In 1986, Brown earned an M.B.A. at UCLA. As a finance and marketing major, she had a brief internship with A & M Records. "That temporarily cured me of the desire to be in the music business," she says, laughing. "I didn't relate to the corporate culture. Musically I couldn't relate to their direction, either." But the business degree launched her two-year career as an investment banker.

Brown's post-Smith Barney exploratory hiatus segued into her current career when Alison Krauss, a precocious 16-year-old singer and fiddle player, offered a weekend job in her up-and-coming band, Union Station. "The first show I played with her was Sanders Theatre," Brown recalls. "It was the first time I ever played there." That weekend gig turned into a three-year stint; in 1990 Brown played on the Grammy-winning Krauss album I've Got That Old Feeling.

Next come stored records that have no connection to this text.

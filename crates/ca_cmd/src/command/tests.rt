// The worked examples of the command, over files and sinks in memory.
use super::command_alone;
use ca_io::{MemoryFiles, MemorySink};
use std::alloc::{AllocError, Global};
use std::process::Abort;
use std::test::Fail;

const EMPTY_MAIN: &[u8] = b"int main(void){ return 0; }";

const PRINT_SUM: &[u8] = b"int g; int main(void){ g = 2 + 3; printf(\"%d\\n\", g); return 0; }";

const REPORT: &str = "trace 1\n0 end\nending finished\noutput 0\n";

const MISWORDED: &str = "conair: words not understood\n";

// What a call is given: its words, the source in `a.c`, and the numbers of the loads and puts that fail.
#[derive(Clone, Copy)]
struct Given<'a> {
    words: &'a [&'a str],
    source: &'a [u8],
    loads: &'a [u32],
    outs: &'a [u32],
    errs: &'a [u32],
}

// What it answers and writes.
#[derive(Clone, Copy)]
struct Wanted<'a> {
    status: u8,
    out: &'a str,
    err: &'a str,
}

fn check(rt: &impl Abort, alloc: Global, given: Given<'_>, wanted: Wanted<'_>) -> Result<(), Fail> {
    let mut words = Vec::new(alloc);
    for word in given.words {
        words.push(String::from_str(alloc, word)?)?;
    }
    let mut files = MemoryFiles::new(alloc, given.loads.to_vec(alloc)?)?;
    files.add("a.c", given.source)?;
    let mut out = MemorySink::new(alloc, given.outs.to_vec(alloc)?)?;
    let mut err = MemorySink::new(alloc, given.errs.to_vec(alloc)?)?;
    let status = command_alone(alloc, &words, &mut files, &mut out, &mut err);
    assert_eq!(rt; status, wanted.status);
    assert_eq!(rt; out.bytes(), wanted.out.as_bytes());
    assert_eq!(rt; err.bytes(), wanted.err.as_bytes());
    Ok(())
}

// A run of a source in which nothing fails.
fn run_of(source: &[u8]) -> Given<'_> {
    Given {
        words: &["run", "a.c"],
        source,
        loads: &[],
        outs: &[],
        errs: &[],
    }
}

// Other words, with the source that runs.
fn said<'a>(words: &'a [&'a str]) -> Given<'a> {
    Given {
        words,
        source: EMPTY_MAIN,
        loads: &[],
        outs: &[],
        errs: &[],
    }
}

// The source that runs, with what fails.
fn failing<'a>(loads: &'a [u32], outs: &'a [u32], errs: &'a [u32]) -> Given<'a> {
    Given {
        words: &["run", "a.c"],
        source: EMPTY_MAIN,
        loads,
        outs,
        errs,
    }
}

#[test]
fn empty_main(rt: HostRuntime) -> Result<(), Fail> {
    let wanted = Wanted {
        status: 0,
        out: REPORT,
        err: "",
    };
    let sources: [&[u8]; 4] = [
        EMPTY_MAIN,
        b"int main(void){return 2147483647;}",
        b"\x0b\x0c int\tmain\r\n( void ) {\nreturn\n7 ; }\n",
        b"int main(void){return 10;}",
    ];
    for source in sources {
        check(&rt, rt.alloc(), run_of(source), wanted)?;
    }
    Ok(())
}

const LEX_FAULTS: [(&[u8], &str); 14] = [
    (b"int main(void) { /* x", "1:18: OpenComment"),
    (b"int g;\n\xff", "2:1: NotUtf8"),
    (b"int main(void){ return 0;\xff }", "1:26: NotUtf8"),
    (b"/* \xE6\xBC\xA2 */ \xE6", "1:9: NotUtf8"),
    (b"int g = 2147483648;", "1:9: NumberTooLarge"),
    (
        b"int main(void){ return 99999999999999999999; }",
        "1:24: NumberTooLarge",
    ),
    (b"int main(void){ return 007; }", "1:24: NumberForm"),
    (b"int 1x;", "1:5: NumberForm"),
    (b"int x = 0x;", "1:9: NumberForm"),
    (b"int main(void){ return 0; }\x00", "1:28: BadChar"),
    (b"\xef\xbb\xbfint g;", "1:1: BadChar"),
    (b"int g;\n  @", "2:3: BadChar"),
    (b"int main(void) { printf(\"x\n\"); }", "1:25: OpenString"),
    (b"int main(void) { printf(\"a\\q\"); }", "1:27: BadChar"),
];

const READ_FAULTS: [(&[u8], &str); 16] = [
    (
        b"int main(void) { /* \xE6\xBC\xA2\xE5\xAD\x97 */ return f(); }",
        "1:35: LeftOut InnerCall",
    ),
    (b"int main(void) { x = 1 << 2; }", "1:24: LeftOut Operator"),
    (b"int main(void) { goto x; }", "1:18: LeftOut Keyword"),
    (b"int g;\n#define x 1\n", "2:1: LeftOut Preprocessor"),
    (
        b"int _Bool; int main(void){ return 0; }",
        "1:5: LeftOut Keyword",
    ),
    (b"int while; int main(void){ return 0; }", "1:5: Grammar"),
    (b"int main(void){ return0; }", "1:24: Grammar"),
    (b"intmain(void){ return 0; }", "1:1: Grammar"),
    (b"int main(void){ return 0 }", "1:26: Grammar"),
    (b"int main(void){ return 0; } x", "1:29: Grammar"),
    (b"int main(void){ return 0; ", "1:27: Grammar"),
    (b"int x; int main(void){ x==1; return 0; }", "1:25: Grammar"),
    (
        b"int x; int main(void){ x = 1++2; return 0; }",
        "1:29: Grammar",
    ),
    (
        b"int x; int main(void){ x = 1 + +2; return 0; }",
        "1:32: Grammar",
    ),
    (b"int x; int main(void){ x = ; return 0; }", "1:28: Grammar"),
    (
        b"int x; int main(void){ x = 1 +; return 0; }",
        "1:31: Grammar",
    ),
];

const TYPE_FAULTS: [(&[u8], &str); 11] = [
    (b"", "1:1: NoMain"),
    (b"int Main(void){ return 0; }", "1:1: NoMain"),
    (b"int main(void) { x = 1; return 0; }", "1:18: Unknown"),
    (
        b"int g; int main(void){ g = h; return 0; }",
        "1:28: Unknown",
    ),
    (b"int g; int g; int main(void) { return 0; }", "1:12: Twice"),
    (b"int printf; int main(void){ return 0; }", "1:5: Twice"),
    (b"int main(void){ return; }", "1:17: Mismatch"),
    (
        b"int main(void){ printf(\"%s\"); return 0; }",
        "1:24: Directive",
    ),
    (
        b"int main(void){ int x; int *p = &(x + 1); return 0; }",
        "1:35: NotLvalue",
    ),
    (
        b"int a[65537]; int main(void){ return 0; }",
        "1:5: TooManyCells",
    ),
    (
        b"int f(void){ return 0; } int main(void){ pthread_t t; pthread_create(&t, NULL, f, NULL); return 0; }",
        "1:80: ThreadForm",
    ),
];

// A fault with its place.
fn faulty(rt: &impl Abort, alloc: Global, source: &[u8], fault: &str) -> Result<(), Fail> {
    let err = format!(in alloc; "conair: a.c:{fault}\n")?;
    let wanted = Wanted {
        status: 3,
        out: "",
        err: err.as_str(),
    };
    check(rt, alloc, run_of(source), wanted)
}

#[test]
fn the_first_fault_is_told_with_its_place(rt: HostRuntime) -> Result<(), Fail> {
    for (source, fault) in LEX_FAULTS {
        faulty(&rt, rt.alloc(), source, fault)?;
    }
    for (source, fault) in READ_FAULTS {
        faulty(&rt, rt.alloc(), source, fault)?;
    }
    for (source, fault) in TYPE_FAULTS {
        faulty(&rt, rt.alloc(), source, fault)?;
    }
    // a fault of the tokens comes before one of the grammar, and this before one of types
    faulty(
        &rt,
        rt.alloc(),
        b"int main(void){ x = 1; return 0 }",
        "1:33: Grammar",
    )?;
    faulty(
        &rt,
        rt.alloc(),
        b"} int g = 2147483648;",
        "1:11: NumberTooLarge",
    )
}

// The report of a run, with this status.
fn reports(
    rt: &impl Abort,
    alloc: Global,
    source: &[u8],
    status: u8,
    out: &str,
) -> Result<(), Fail> {
    let wanted = Wanted {
        status,
        out,
        err: "",
    };
    check(rt, alloc, run_of(source), wanted)
}

// A text with a piece in it that is there some times.
fn repeated(
    alloc: Global,
    front: &str,
    piece: &str,
    count: u32,
    back: &str,
) -> Result<String, AllocError> {
    let mut text = String::from_str(alloc, front)?;
    for _ in 0..count {
        text.push_str(piece)?;
    }
    text.push_str(back)?;
    Ok(text)
}

#[test]
fn print_sum(rt: HostRuntime) -> Result<(), Fail> {
    reports(
        &rt,
        rt.alloc(),
        PRINT_SUM,
        0,
        "trace 4\n0 write @0.0 5\n0 read @0.0 5\n0 print 350a\n0 end\nending finished\noutput 2\n5\n",
    )
}

#[test]
fn sum_overflows(rt: HostRuntime) -> Result<(), Fail> {
    let fault = "trace 1\n0 fault arith\nending fault\noutput 0\n";
    let sources: [&[u8]; 3] = [
        b"int g; int main(void){ g = 2147483647 + 1; return 0; }",
        b"int main(void){ return 2147483647 + 1; }",
        b"int main(void){ return 1 + 2147483647 + 0; }",
    ];
    for source in sources {
        reports(&rt, rt.alloc(), source, 1, fault)?;
    }
    reports(
        &rt,
        rt.alloc(),
        b"int g; int main(void){ g = 2147483647; printf(\"%d\\n\", 7); printf(\"%d\\n\", g + g); return 0; }",
        1,
        "trace 5\n0 write @0.0 2147483647\n0 print 370a\n0 read @0.0 2147483647\n0 read @0.0 2147483647\n0 fault arith\nending fault\noutput 2\n7\n",
    )
}

#[test]
fn globals_are_read_from_left_to_right(rt: HostRuntime) -> Result<(), Fail> {
    reports(
        &rt,
        rt.alloc(),
        b"int a; int b;\nint c;\nint main(void){ a = 1; b = 20; c = 300; a = a + 4 + b + 5 + c; return a; }",
        0,
        "trace 9\n0 write @0.0 1\n0 write @1.0 20\n0 write @2.0 300\n0 read @0.0 1\n0 read @1.0 20\n0 read @2.0 300\n0 write @0.0 330\n0 read @0.0 330\n0 end\nending finished\noutput 0\n",
    )?;
    reports(
        &rt,
        rt.alloc(),
        b"int _; int x1; int main(void){ x1=x1+_; return 0; }",
        0,
        "trace 4\n0 read @1.0 0\n0 read @0.0 0\n0 write @1.0 0\n0 end\nending finished\noutput 0\n",
    )
}

#[test]
fn comments_and_includes_are_skipped(rt: HostRuntime) -> Result<(), Fail> {
    let alloc = rt.alloc();
    reports(
        &rt,
        alloc,
        b"#include <pthread.h>\n# include <stdio.h> // out\n#include <stdlib.h>\n/* and */ #include <assert.h>\nint g; // a global\nint main(void) { g /* is */ = 0x1F; return g; }\n",
        0,
        "trace 3\n0 write @0.0 31\n0 read @0.0 31\n0 end\nending finished\noutput 0\n",
    )?;
    reports(
        &rt,
        alloc,
        b"int main(void){ return 0; /* x */ } // y",
        0,
        REPORT,
    )
}

#[test]
fn names_have_up_to_63_bytes(rt: HostRuntime) -> Result<(), Fail> {
    let alloc = rt.alloc();
    let long = repeated(alloc, "", "a", 62, "")?;
    let source = format!(in alloc;
        "int {long}b; int {long}c; int main(void){{ {long}c = 2; return {long}b; }}"
    )?;
    let out = "trace 3\n0 write @1.0 2\n0 read @0.0 0\n0 end\nending finished\noutput 0\n";
    reports(&rt, alloc, source.as_str().as_bytes(), 0, out)?;
    let longer = format!(in alloc; "int {long}bc; int main(void){{ return 0; }}")?;
    faulty(
        &rt,
        alloc,
        longer.as_str().as_bytes(),
        "1:5: TooMany NameBytes",
    )
}

#[test]
fn sums_have_up_to_64_parts(rt: HostRuntime) -> Result<(), Fail> {
    let alloc = rt.alloc();
    let most = repeated(alloc, "int main(void){ return 0", " + 1", 63, "; }")?;
    reports(&rt, alloc, most.as_str().as_bytes(), 0, REPORT)?;
    let more = repeated(alloc, "int main(void){ return 0", " + 1", 64, "; }")?;
    faulty(
        &rt,
        alloc,
        more.as_str().as_bytes(),
        "1:278: TooMany Nesting",
    )
}

#[test]
fn there_are_up_to_1024_globals(rt: HostRuntime) -> Result<(), Fail> {
    let alloc = rt.alloc();
    let mut declarations = String::new(alloc);
    for number in 0..1024u32 {
        let line = format!(in alloc; "int g{number};\n")?;
        declarations.push_str(line.as_str())?;
    }
    let most = format!(in alloc; "{declarations}int main(void){{ return g1023; }}")?;
    let out = "trace 2\n0 read @1023.0 0\n0 end\nending finished\noutput 0\n";
    reports(&rt, alloc, most.as_str().as_bytes(), 0, out)?;
    let more = format!(in alloc; "int h; {declarations}int main(void){{ return 0; }}")?;
    faulty(
        &rt,
        alloc,
        more.as_str().as_bytes(),
        "1024:5: TooMany Globals",
    )
}

#[test]
fn words_refused(rt: HostRuntime) -> Result<(), Fail> {
    let wanted = Wanted {
        status: 2,
        out: "",
        err: MISWORDED,
    };
    let all: [&[&str]; 10] = [
        &[],
        &["run"],
        &["a.c"],
        &["run", "a.c", "b.c"],
        &["check", "a.c"],
        &["Run", "a.c"],
        &["run", "-"],
        &["run", "--plain"],
        &["run", "a.c", "--seed", "1", "--schedule", "0"],
        &["run", "a.c", "--limit", "10001"],
    ];
    for words in all {
        check(&rt, rt.alloc(), said(words), wanted)?;
    }
    Ok(())
}

#[test]
fn outside_fails(rt: HostRuntime) -> Result<(), Fail> {
    let alloc = rt.alloc();
    let unread = Wanted {
        status: 6,
        out: "",
        err: "conair: cannot read a.c\n",
    };
    check(&rt, alloc, failing(&[1], &[], &[]), unread)?;
    let missing = Wanted {
        status: 6,
        out: "",
        err: "conair: cannot read b.c\n",
    };
    check(&rt, alloc, said(&["run", "b.c"]), missing)?;
    let fronts = [
        "",
        "trace 1\n",
        "trace 1\n0 end\n",
        "trace 1\n0 end\nending finished\n",
    ];
    let mut number = 0u32;
    for out in fronts {
        number = number.saturating_add(1);
        let cut = Wanted {
            status: 7,
            out,
            err: "",
        };
        check(&rt, alloc, failing(&[], &[number], &[]), cut)?;
    }
    let whole = Wanted {
        status: 0,
        out: REPORT,
        err: "",
    };
    check(&rt, alloc, failing(&[2], &[5], &[1]), whole)?;
    let without_output = Wanted {
        status: 7,
        out: "trace 4\n0 write @0.0 5\n0 read @0.0 5\n0 print 350a\n0 end\nending finished\noutput 2\n",
        err: "",
    };
    let printing = Given {
        source: PRINT_SUM,
        ..failing(&[], &[8], &[])
    };
    check(&rt, alloc, printing, without_output)?;
    let untold = Wanted {
        status: 7,
        out: "",
        err: "",
    };
    check(&rt, alloc, failing(&[1], &[], &[1]), untold)
}

#[test]
fn longest_source(rt: HostRuntime) -> Result<(), Fail> {
    let alloc = rt.alloc();
    let mut source = vec![in alloc; b' '; 1048549]?;
    source.extend_from_slice(EMPTY_MAIN)?;
    let whole = Wanted {
        status: 0,
        out: REPORT,
        err: "",
    };
    check(&rt, alloc, run_of(&source), whole)?;
    source.push(b'\n')?;
    let long = Wanted {
        status: 3,
        out: "",
        err: "conair: a.c: longer than 1048576 bytes\n",
    };
    check(&rt, alloc, run_of(&source), long)
}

The band often toured the bluegrass-roots country of southern Appalachia: Kentucky, Tennessee, North Carolina, Virginia. "We were playing for people to whom it's hot-time music," Brown recalls.

In 1990 Brown moved to Tennessee and in 1992 became the band leader for folk-pop artist Michelle Shocked. "People with Michelle were listening to more pop, R & B, and jazz," Brown says. "It was the first time I was in a band where people weren't fighting over the latest copy of Bluegrass Unlimited."

That experience fed Brown's interest in merging jazz and folk idioms with her quartet, which she formed in 1991. As in jazz, Brown explains, bluegrass solos are improvised, but "harmonically, bluegrass is really diatonic." Brown pushes limits: the bluegrass-focused Fair Weather, for example, includes covers of "Every Day I Write the Book," by pop icon Elvis Costello, and Fred Neil's "Everybody's Talkin'" from the film Midnight Cowboy. "I think that to a jazz audience, we'll always sound like folk artists, and to the folk people we'll sound jazzy," she says. "I think of myself as a folk musician. But I also play jazz guitar. And I like taking the banjo outside its conventional boundaries."